Regarding your alt + Needed question: This is something I just recently encountered as well. I'm not really sure I know what the best solution is; I've juggled with things like "if they all return Needed, return Needed with the lowest value". However, I think it's important that alt always returns the first matching subparser, and designers using it come to rely on this behavior. I think it therefore makes sense that Needed is propagated immediately, because the earlier parser could succeed, and therefore we should get more bytes to give it the chance before continuing with other branches.

Stargateur commented 3 years ago

The parser returns Needed(2), but the stream can only provide 1 more byte, which would mean the system would (incorrectly) report an error of an unexpected EOF.

That not how I see thing, I think one should read it as "at least 1", you try to read as much data as possible and try again, if you read at least one more octet you can retry.

Maybe:

BoniLindsley commented 3 years ago

I agree that this is a bug. Needed should include the minimum number of bytes required to make progress [...]

I had wondered about that. But I could not think of an acceptable definition for "progress". For example, if progress is an opportunity to complete or error out, then for most parsers, the minimum would just be one, by virtue of them doing some sort of filtering. (On the other hand, I had only started on my Rusty and nommy journey a month ago, so may be I do not have enough experience to say that.)

[...] The parser returns Needed(2), but the stream can only provide 1 more byte, which would mean the system would (incorrectly) report an error of an unexpected EOF.

Hmm... I guess that might be a problem because... if remote closes, then the stream might have to wait for a timeout?

I think it therefore makes sense that Needed is propagated immediately, because the earlier parser could succeed, and therefore we should get more bytes to give it the chance before continuing with other branches.

Indeed. It does make sense to keep this behaviour. I was not troubled by this particular example myself. I merely used it as an illustration of the issue -- well-definedness of what Needed means. And we already have different people interpreting them differently! Keeping track of a minimum Needed value amongst alt subparsers sounds like a good compromise. That might not be a "real" minimum though, if the input will fail every subparser in the next byte.

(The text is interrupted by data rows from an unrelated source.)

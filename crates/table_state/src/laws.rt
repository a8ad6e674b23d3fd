//! Laws over the definitions alone.
ghost use Rattle.table_state.specs.Laws.{BlocksPlaced, DrainedRounds, CoversBisect, DrawsBounded, FreeRows, MembersTogether, NotesAgree, OneClaim, OneHolder, ParentsBisected, PinsBounded, PlacesAgree, ReachedKept, RetiredBorn, WalksAgree, WalksEnd, WalksShort};
ghost use Rattle.table_state.specs.ClaimLaws.{BitsClaimed, DrawsCounted, FreeUnborn, SecondPlaces, StagesViewed, TargetLeast, UnbornBlocks, UnbornClaimed};
ghost use Rattle.table_state.specs.RoundLaws.{BetweenForests, BisectedClosed, ChainsStand, ClaimsAimed, ClaimsDrawn, DiffersByPatches, DrawsApart, HistoryRight, ListsKnown, LivingAimed, NotesInHistory, QuietRound, RoundsLeft, StandingKept, ToldPrefix, WalksBegin, WorkerAlone};
ghost use Rattle.table_state.specs.SeatLaws.{BeginsEqual, BlocksKnown, FilledStays, FindingsRight, FinishedFindings, HistoryWords, LinkWords, LivingBlocks, LivingClaimed, LoadedStays, NumbersKnown, OneHalf, OthersEmpty, OwnerWords, PassesCounted, PinsCounted, PinsOfRounds, PinsOut, RetiredNoted, RoundsFall, WorkersWent};
ghost use Rattle.table_state.specs.TableLaws.{BlocksInPool, BlocksViewed, ChainsNamed, ClaimsListedOnce, ElementsNamed, PlacesInTable, WalkSides};
ghost use Rattle.table_state.specs.OwnerLaws.{BlocksCounted, BlocksNoted, DeadNoted, EarlyPins, FreeFound, KeptExact, NotedKinds, PatchesCounted, StockRows, WalkedNoted};
ghost use Rattle.table_state.specs.DrawLaws.{DrawsOfTarget, PoolCovered, RoundFits};
ghost use Rattle.table_state.specs.KnownNames.{KnownFound, WalksChained};
ghost use Rattle.table_state.specs.Fresh.{FreshFromList, FreshIsLawful};

/// What holds in each lawful state, of its words, its claims and what seats know; and that the fresh
/// table is lawful.
pub fn laws()
    ensures bounded { PinsBounded }
    ensures holder { OneHolder }
    ensures claim { OneClaim }
    ensures bits { BitsClaimed }
    ensures seconds { SecondPlaces }
    ensures stages { StagesViewed }
    ensures counted { DrawsCounted }
    ensures unborn { UnbornBlocks }
    ensures free { FreeUnborn }
    ensures halves { UnbornClaimed }
    ensures aim { TargetLeast }
    ensures draws { DrawsBounded }
    ensures rows { FreeRows }
    ensures walks { WalksAgree }
    ensures placed { BlocksPlaced }
    ensures covers { CoversBisect }
    ensures ends { WalksEnd }
    ensures born { RetiredBorn }
    ensures short { WalksShort }
    ensures parents { ParentsBisected }
    ensures together { MembersTogether }
    ensures places { PlacesAgree }
    ensures notes { NotesAgree }
    ensures reuse { ReachedKept }
    ensures drained { DrainedRounds }
    ensures between { BetweenForests }
    ensures differs { DiffersByPatches }
    ensures closed { BisectedClosed }
    ensures aimed { ClaimsAimed }
    ensures living_aimed { LivingAimed }
    ensures lists { ListsKnown }
    ensures history { HistoryRight }
    ensures told { ToldPrefix }
    ensures noted { NotesInHistory }
    ensures drawn { DrawsApart }
    ensures draw { ClaimsDrawn }
    ensures quiet { QuietRound }
    ensures begin { WalksBegin }
    ensures chains { ChainsStand }
    ensures standing { StandingKept }
    ensures rounds { RoundsLeft }
    ensures alone { WorkerAlone }
    ensures equal { BeginsEqual }
    ensures claimed { LivingClaimed }
    ensures living { LivingBlocks }
    ensures findings { FindingsRight }
    ensures finished { FinishedFindings }
    ensures went { WorkersWent }
    ensures half { OneHalf }
    ensures filled { FilledStays }
    ensures loaded { LoadedStays }
    ensures owned { OwnerWords }
    ensures pinned { PinsCounted }
    ensures out { PinsOut }
    ensures most { PinsOfRounds }
    ensures fall { RoundsFall }
    ensures numbers { NumbersKnown }
    ensures blocks { BlocksKnown }
    ensures others { OthersEmpty }
    ensures passes { PassesCounted }
    ensures links { LinkWords }
    ensures histories { HistoryWords }
    ensures retired { RetiredNoted }
    ensures pool { BlocksInPool }
    ensures viewed { BlocksViewed }
    ensures table { PlacesInTable }
    ensures named { ChainsNamed }
    ensures elements { ElementsNamed }
    ensures sides { WalkSides }
    ensures once { ClaimsListedOnce }
    ensures frees { FreeFound }
    ensures stock { StockRows }
    ensures blocks_noted { BlocksNoted }
    ensures dead { DeadNoted }
    ensures kept { KeptExact }
    ensures kinds { NotedKinds }
    ensures walked { WalkedNoted }
    ensures early { EarlyPins }
    ensures count { BlocksCounted }
    ensures patches { PatchesCounted }
    ensures draws_of_target { DrawsOfTarget }
    ensures pool_covered { PoolCovered }
    ensures fits { RoundFits }
    ensures walks_chained { WalksChained }
    ensures known_found { KnownFound }
    ensures list { FreshFromList }
    ensures fresh { FreshIsLawful }
{}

Change name variant of Needed::Size to Hint

I suppose that makes sense from the user's point of view. If a Needed value is returned, what do we expect them to do with it?

  1. If it is a hint, then "try to read that many bytes, and then parse again, as long as you managed to read something." In this case, then, what conditions do we have to not parse again? Specifically, how is the handling different from a Needed::Unknown?
  2. If it is minimal, then may be "don't bother parsing again without reading that many bytes".
Lucretiel commented 3 years ago

That not how I see thing, I think one should read it as "at least 1", you try to read as much data as possible and try again, if you read at least one more octet you can retry.

I think I agree? Definitely a buffered stream reader should be reading in large chunks. I only mean that Needed(2) means that you need at least 2 more bytes, so a buffering system needs to read at least 2 more bytes before it retries the parser.

When I say "can only provide one more byte" I mean that the underlying reader (ie, a TCP stream) provides one more byte and then the connection closes. In that case, given a Needed(2), a parser adapter could correctly conclude that "the underlying parser requested at least 2 more bytes, but I was only able to get one more byte, so I can return an unexpected EoF without retrying the underlying parser"

Lucretiel commented 3 years ago

Specifically, how is the handling different from a Needed::Unknown

I agree that I haven't been able to think of a useful distinction here. I think that semantically there's a difference:

However, in practice I don't know the difference between Unknown and Needed(1); in both cases the behavior should be "load at least one more byte (but probably more) and retry. Potentially it could be good for error reporting.